Numerous issues are considered. For example, the question of unification, whether regional or continental (mercifully, would-be Brother Leader Muammar Gaddafi doesn’t get a look-in here). Must — as is frequently argued — borders and sovereignty be abolished to eliminate barriers to growth? Mbeki’s answer: “Electrolux, Volvo, Saab, Nestlé, Philips, Unilever, Royal Dutch/Shell, Carling, Interbrew, Heineken, AAB, Ericsson, Nokia, Norsk Hydro, Roche, Maersk, UBS, ABN-AMRO” are but a few of the world-class companies developed, he reminds us, “long before European integration became a reality”. It isn’t the size of the population that matters, “rather it is its skills pool and its control over its economic and social policies that, in the final analysis, determine the level of industrialisation”. Alarming reading, one might think. In a logical society this should serve as a wake-up call. But will it?
Let us not hold our breaths. There are many in power or leeching on its fringes who will be perfectly happy as South Africa de-industrialises, as our doctors and engineers flee, as our skilled farmers trek, as our entrepreneurs relocate, in short, as our “brains” drain. With less and less to redistribute, our new elites will remain consumers, not producers, unless we change radically.
For Mbeki’s suggestions as to how we change, I strongly suggest you read his book. As is customary, on the cover the author is depicted in words that must at least have been approved by him. His political path, his business and academic interests are summarised. But first, he is described as “a journalist, private business entrepreneur and political commentator”.

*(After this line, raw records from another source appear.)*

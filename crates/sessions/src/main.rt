// Sessions of single calls of both parties: reads them from standard input, and prints what came of each.
#![tactic(auto)]

mod answer;
mod call;
mod circuits;
mod evaluating;
mod evaluator_side;
mod flat;
mod garbler_side;
mod garbling;
mod lent;
mod numbered;
mod playing;
mod reading;
mod sections;
mod writing;

use circuits::Circuits;
use playing::play;
use sections::read_sections;
use std::io;

fn run(rt: &HostRuntime) -> anyhow::Result<()> {
    let heap = rt.alloc();
    let input = io::read_to_string(heap, rt.stdin())?;
    let circuits = Circuits::read(heap, input.as_str())?;
    let sections = read_sections(heap, &circuits, input.as_str())?;
    let mut text = String::new(heap);
    for section in &sections {
        play(heap, &mut text, section)?;
    }
    rt.print(text.as_str())?;
    Ok(())
}

fn main(rt: HostRuntime) -> anyhow::Result<()> {
    run(&rt)
}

Interesting that he should accept — even claim — the label of journalist, at a time when this occupation is more undervalued, and more under pressure, than ever. It suggests that he sees himself in the primary role of journalism: speaking truth to power while informing citizens about what is being done in their name. This task requires, above all, a keen ethical sense and the ability to clarify complex issues and happenings, while explaining them fairly and accurately. Moeletsi Mbeki has most certainly done this in Architects of Poverty, between whose covers clarity reigns supreme. One need not agree with everything, but one can understand all: an accolade of which any journalist might be proud. This small book deserves a wide readership.